Man-made reefs seeded with more than 500,000 young oysters were laid in Shinnecock Bay Thursday in the region's first initiative to create a complex habitat for shellfish production to filter and clean area waters.
The Shinnecock Bay Restoration Program, a joint initiative by Stony Brook University's School of Marine and Atmospheric Sciences and the Institute for Ocean Conservation Science, recently received permits for the first-ever project on Long Island, the first such permits granted by the state Department of Environmental Conservation.
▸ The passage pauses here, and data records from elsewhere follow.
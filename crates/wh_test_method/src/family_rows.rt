//! Rows of generated systems: how many rules those at both ends of the family have, and which numbers are refused.

use std::alloc::{AllocError, Global};
use std::test::Fail;
use wh_gen::generate;
use wh_types::Or;

/// Adds how many rules the system with that number has, or that there is none.
fn add_rules(alloc: Global, out: &mut String, number: u32) -> Result<(), AllocError> {
    match generate(alloc, number) {
        Ok(system) => {
            let rules = system.rules().len();
            write!(out, "[{number}: {rules}]")
        }
        Err(Or::Because(_)) => write!(out, "[{number}: none]"),
        Err(Or::NoMemory) => Err(AllocError),
    }
}

#[test]
fn generates_two_hundred_systems(rt: HostRuntime) -> Result<(), Fail> {
    let alloc = rt.alloc();
    let mut out = String::new(alloc);
    for number in [0, 1, 200, 201] {
        add_rules(alloc, &mut out, number)?;
    }
    assert_eq!(&rt; out.as_str(), "[0: none][1: 2][200: 400][201: none]");
    Ok(())
}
The work is being funded by $4 million in private foundation grants and a smaller portion of state money.
"We want to see if we can bring back the oyster populations," said Christpher Gobler, a professor at the Stony Brook School of Marine and Atmospheric Sciences, noting there are no natural oysters reefs extant around Long Island.
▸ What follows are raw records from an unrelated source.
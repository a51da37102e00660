//! Whether a commit can be made: a test of its conditions, for who cannot know them.
ghost use Rattle.std.specs.Prelude.{◌≢◌, ◌<◌, ◌≤◌, ◌↔◌, true, false, Some, All, IsTrue};
ghost use Rattle.paraid_base.specs.Log.{log_last};
ghost use Rattle.paraid_record.specs.Targets.{IsTargetInRange};
ghost use Rattle.paraid_txn.specs.Losses.{CanWrite};
ghost use Rattle.paraid_txn.specs.Ready.{AreTargetsReady, CanCommit, IsLogReady};
ghost use Rattle.paraid_image.specs.Sides.{targets};

use crate::batch::Batch;
use crate::store::Store;
use paraid_base::{DiskNo, Geometry, LOG_LAST, Place};
use paraid_rack::{Power, Rack};
use paraid_record::{Meta, Target};

// Whether a disk is absent, or spins and has this place.
fn can_write<R: Rack>(rack: &R, disk: DiskNo, place: Place) -> bool
    requires { disk < R.slot_count rack.now }
    ensures { IsTrue result ↔ CanWrite (R.slot rack.now) disk place }
{
    match rack.power(disk) {
        Power::Absent => true,
        Power::Parked => false,
        Power::Spinning => place < rack.size(disk),
    }
}

// The same, for the log of a log disk that may be skipped.
fn can_log<R: Rack>(rack: &R, skip: Option<DiskNo>, disk: DiskNo) -> bool
    requires { disk < R.slot_count rack.now }
    ensures { IsTrue result ↔ (skip ≢ Some disk → CanWrite (R.slot rack.now) disk log_last) }
{
    skip == Some(disk) || can_write(rack, disk, LOG_LAST)
}

// Whether the log of each log disk that is not skipped can be written.
fn is_log_ready<R: Rack>(rack: &R, skip: Option<DiskNo>) -> bool
    requires { 2 ≤ R.slot_count rack.now }
    ensures { IsTrue result ↔ IsLogReady skip (R.slot rack.now) }
{
    can_log(rack, skip, 0) && can_log(rack, skip, 1)
}

// Whether the slot of a target exists, and can be written or is skipped.
fn is_target_ready<R: Rack>(rack: &R, skip: Option<DiskNo>, target: Target) -> bool
    ensures { IsTrue result ↔ ((target.disk < R.slot_count rack.now)
        × (skip ≢ Some target.disk → CanWrite (R.slot rack.now) target.disk target.place)) }
{
    if target.disk >= rack.slots() {
        return false;
    }
    skip == Some(target.disk) || can_write(rack, target.disk, target.place)
}

// The same of each target of a batch.
fn are_targets_ready<R: Rack>(rack: &R, skip: Option<DiskNo>, batch: &Batch) -> bool
    ensures { IsTrue result ↔ AreTargetsReady skip (R.slot_count rack.now) (R.slot rack.now)
        (targets batch.now) }
{
    for at in 0..batch.count() {
        if !is_target_ready(rack, skip, batch.target(at as usize)) {
            return false;
        }
    }
    true
}

// Whether each target of a batch is in range for this geometry.
fn are_in_range(geometry: &Geometry, batch: &Batch) -> bool
    ensures { IsTrue result ↔ All (IsTargetInRange geometry.now) (targets batch.now) }
{
    for at in 0..batch.count() {
        if !batch.target(at as usize).is_in_range(geometry) {
            return false;
        }
    }
    true
}

impl<R: Rack> Store<R> {
    ghost use Rattle.paraid_txn.specs.Stores.{disks_of, epoch_of, store_rack};

    /// Whether this batch and this meta can be committed. It makes no call of the rack.
    pub fn can_commit(&self, batch: &Batch, meta: &Meta) -> bool
        ensures { IsTrue result ↔ CanCommit (epoch_of self.now) (disks_of self.now)
            (R.slot_count (store_rack self.now)) (R.slot (store_rack self.now)) batch.now meta.now }
    {
        let geometry = &meta.setup.geometry;
        geometry.disks == self.disks
            && self.epoch < u64::MAX
            && meta.is_in_range()
            && is_log_ready(&self.rack, meta.out.named())
            && are_in_range(geometry, batch)
            && are_targets_ready(&self.rack, meta.out.gone(), batch)
    }
}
The first reef is being established in an area of Quogue Canal on the western end of Shinnecock Bay. There, a crew of eight, led by Michael Doall, a bivalve restoration specialist for Stony Brook University, worked in chilly waters under a gray sky to move scores of bags of shells — each dotted with young oyster spawn — into a 15-foot by 30-foot rectangle 20 feet from the shoreline.
In coming weeks and months, the reef will be filled in with the bags, with the expectation that young oysters seeded on the shells will grow by filtering phytoplankton from the water, and ultimately spawn new oysters.
"They filter water and create habitat and enhance the total ecosystem," Doall said.
The plan is to construct up to four such reefs under the current permits. The reefs will be closely monitored to check oyster growth, spawning of new recruits and establishment of fish habitat. "We want to get as much information as possible to consider this a restoration technology," he said.
When shellfish were plentiful around Long island, the large populations were effective in filtering bays and tributaries, accomplishing the task every three days, Gobler said. But with sharp declines in populations, particularly over the past century, water quality has suffered. Establishing reefs and restoring the populations could be an important future tool to addressing water quality issues, he said.